Despite these challenges, the systematic approaches outlined in this FAQ collection provide pathways to overcome these obstacles and advance our understanding of this important bacterial protein.

How might research on A. hydrophila atpE contribute to broader understanding of bacterial bioenergetics?

Research on A. hydrophila atpE has significant implications for bacterial bioenergetics:

• Comparative bioenergetics: A. hydrophila's ability to thrive in diverse environments suggests its ATP synthase may have unique adaptations.
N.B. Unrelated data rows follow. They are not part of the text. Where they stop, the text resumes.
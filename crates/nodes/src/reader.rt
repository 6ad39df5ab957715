// The walk of a block: its items, handed out one by one, each with its place. The reader goes over the block's bytes once;
// names and data are parts of them.
ghost use Rattle.std.specs.Prelude.{◌≡◌, ◌≤◌, length};
ghost use Rattle.nodes.specs.Walk.{walk};

use crate::image::Image;
use crate::item::Item;
use flash::place::Place;

// An item with its place.
#[derive(Clone, Copy)]
pub struct Found<'a> {
    pub place: Place,
    pub item: Item<'a>,
}

// A reader of the items of one block.
#[derive(Drop)]
pub struct Reader<'a> {
    pub(crate) block: usize,
    pub(crate) image: Image<'a>,
    pub(crate) at: usize,
    ghost within: { at ≤ length image.bytes.now },
}

impl<'a> Reader<'a> {
    ghost use Rattle.nodes.specs.Image.{seen_in};
    ghost use Rattle.nodes.specs.Reading.{rest};

    // A reader at the start of a block, or at its end if the block does not begin with the marker.
    pub fn new(block: usize, image: Image<'a>) -> Reader<'a>
        ensures all { rest result ≡ walk (seen_in image.entry) }
        ensures block { result.block ≡ block }
    {
        let at = if image.is_marked() {
            0
        } else {
            image.bytes.len()
        };
        Reader { block, image, at }
    }
}

impl<'a> Iterator for Reader<'a> {
    ghost use Rattle.std.specs.Iterator.{at_most};
    ghost use Rattle.nodes.specs.Reading.{HandsOut, bytes_left};

    type Item = Found<'a>;

    ghost next_gives = { HandsOut };

    ghost remaining = { λ r. at_most (bytes_left r) };

    // The next item with its place, or nothing at the end of the walk.
    fn next(&mut self) -> Option<Found<'a>> {
        let at = self.at;
        let standing = self.image.tail(at).standing()?;
        self.at = at + standing.size;
        Some(Found {
            place: Place {
                block: self.block,
                offset: at,
            },
            item: standing.item,
        })
    }
}
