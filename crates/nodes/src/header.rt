// The header of an item: the magic, its kind, its length and the sum of these.
ghost use Rattle.std.specs.Prelude.{◌≡◌, ◌+◌};
ghost use Rattle.nodes.specs.Fields.{padded};
ghost use Rattle.nodes.specs.Headers.{head_shown, head_of, passing};

// What a header says, and the bytes behind it. The kind is a number, as kinds that we do not know pass too.
#[derive(Clone, Copy)]
pub struct Header<'a> {
    pub kind: u16,
    pub totlen: u32,
    pub sum: u32,
    pub rest: &'a [u8],
}

// The header that bytes begin with, if they begin with the magic.
#[tactic(auto, unfolding(crate::specs::Fields::le16, crate::specs::Fields::le32))]
pub(crate) fn read_header(bytes: &[u8]) -> Option<Header<'_>>
    ensures { head_shown result ≡ head_of bytes.now }
{
    match bytes {
        [
            0x85,
            0x19,
            k0,
            k1,
            l0,
            l1,
            l2,
            l3,
            s0,
            s1,
            s2,
            s3,
            rest @ ..,
        ] => Some(Header {
            kind: u16::from_le_bytes([*k0, *k1]),
            totlen: u32::from_le_bytes([*l0, *l1, *l2, *l3]),
            sum: u32::from_le_bytes([*s0, *s1, *s2, *s3]),
            rest,
        }),
        _ => None,
    }
}

// How many bytes of the block an item of this length takes up: up to the next multiple of 4.
pub(crate) fn padded_len(totlen: u32) -> usize
    ensures { result ≡ padded totlen }
{
    (totlen as usize).next_multiple_of(4)
}

// The header at the front of what is left of a block, if it passes: the magic, its sum, a length of at least its own, and
// within the block.
pub(crate) fn passing_header(bytes: &[u8]) -> Option<Header<'_>>
    ensures { head_shown result ≡ passing bytes.now }
{
    let header = read_header(bytes)?;
    if header.sum != crc32::sum_of(&bytes[..8]) || header.totlen < 12 {
        return None;
    }
    if padded_len(header.totlen) > bytes.len() {
        return None;
    }
    Some(header)
}
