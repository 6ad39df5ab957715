// What can stand at a place of a block.
use crate::record::{Content, Entry};

// One item. Entries and contents borrow from the block: `bytes` are all the bytes of the node, the name and the payload
// are parts of them.
#[derive(Clone, Copy)]
pub enum Item<'a> {
    // four zero bytes, that fill a gap too short for padding
    Zero,
    Marker {
        length: usize,
    },
    Padding {
        length: usize,
    },
    // a kind that we do not know
    Unknown {
        kind: u16,
        length: usize,
    },
    Entry {
        bytes: &'a [u8],
        entry: Entry<'a>,
    },
    Content {
        bytes: &'a [u8],
        content: Content<'a>,
    },
}
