// The lines of a script.
use flash::place::Place;
use index::record::ContentRecord;

// What a line asks for, as data: lines are read at run time.
#[derive(Clone, Copy)]
pub(crate) enum Command<'a> {
    Change(Change<'a>),
    Question(Question<'a>),
}

// What changes the table. The block of a place is the one that the record goes into.
#[derive(Clone, Copy)]
pub(crate) enum Change<'a> {
    Block,
    State {
        block: usize,
        number: u32,
        end: usize,
    },
    Entry {
        place: Place,
        pino: u32,
        version: u32,
        ino: u32,
        dtype: u32,
        name: &'a str,
    },
    Content(ContentRecord),
    Find,
}

// What is asked of the table.
#[derive(Clone, Copy)]
pub(crate) enum Question<'a> {
    Of { pino: u32, name: &'a str },
    Next { pino: u32, name: &'a str },
    Names { pino: u32 },
    Length { ino: u32 },
    Run { ino: u32, at: u32, limit: u32 },
    Version { number: u32 },
    Number,
    Missed,
    States,
}

fn place(block: u32, offset: u32) -> Place {
    Place {
        block: block as usize,
        offset: offset as usize,
    }
}

// What a word changes, with the numbers and the name behind it.
fn change_of<'a>(verb: &str, numbers: &[u32], name: Option<&'a str>) -> Option<Change<'a>> {
    Some(match (verb, numbers, name) {
        ("block", [], None) => Change::Block,
        ("state", &[block, number, end], None) => Change::State {
            block: block as usize,
            number,
            end: end as usize,
        },
        ("entry", &[block, offset, pino, version, ino, dtype], Some(name)) => Change::Entry {
            place: place(block, offset),
            pino,
            version,
            ino,
            dtype,
            name,
        },
        ("content", &[block, at, ino, version, mode, isize, offset, dsize, hole], None) => {
            Change::Content(ContentRecord {
                place: place(block, at),
                length: 68,
                ino,
                version,
                mode,
                isize,
                offset,
                dsize,
                hole: hole != 0,
            })
        }
        ("find", [], None) => Change::Find,
        _ => return None,
    })
}

// What a word asks, with the numbers and the name behind it.
fn question_of<'a>(verb: &str, numbers: &[u32], name: Option<&'a str>) -> Option<Question<'a>> {
    Some(match (verb, numbers, name) {
        ("of", &[pino], Some(name)) => Question::Of { pino, name },
        ("next", &[pino], Some(name)) => Question::Next { pino, name },
        ("names", &[pino], None) => Question::Names { pino },
        ("length", &[ino], None) => Question::Length { ino },
        ("run", &[ino, at, limit], None) => Question::Run { ino, at, limit },
        ("version", &[number], None) => Question::Version { number },
        ("number", [], None) => Question::Number,
        ("missed", [], None) => Question::Missed,
        ("states", [], None) => Question::States,
        _ => return None,
    })
}

// What a line asks for, if it is understood: behind its first word stand numbers of 32 bits, at most nine, and behind these, if
// the line speaks of one, a name, which is no such number. `trials_flash` reads its lines likewise, but for the numbers' width
// and the name: the contract of a function for both would be longer than these lines.
pub(crate) fn parse(line: &str) -> Option<Command<'_>> {
    let mut words = line.split(' ');
    let verb = words.next()?;
    let mut numbers = [0; 9];
    let mut count = 0;
    let mut name = None;
    for word in words {
        if name.is_some() {
            return None;
        }
        match word.parse() {
            Ok(number) => {
                *numbers.get_mut(count)? = number;
                count += 1;
            }
            Err(_) => name = Some(word),
        }
    }
    let numbers = numbers.get(..count)?;
    change_of(verb, numbers, name)
        .map(Command::Change)
        .or_else(|| question_of(verb, numbers, name).map(Command::Question))
}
Comparative studies with other bacterial species could reveal evolutionary principles in bioenergetic systems.

• Environmental adaptation mechanisms: Understanding how atpE functions across environmental conditions can illuminate how bacteria adapt their energy metabolism to stress.

• Pathogen-specific bioenergetic features: Identifying unique aspects of A. hydrophila ATP synthase could reveal how energy metabolism supports pathogenicity, potentially applicable to other bacterial pathogens.

• Structure-function relationships: Detailed studies of atpE structure and function can enhance our fundamental understanding of proton translocation and rotary catalysis mechanisms.

• Energy conservation strategies: Analysis of A. hydrophila atpE efficiency could provide insights into bacterial energy conservation under resource-limited conditions.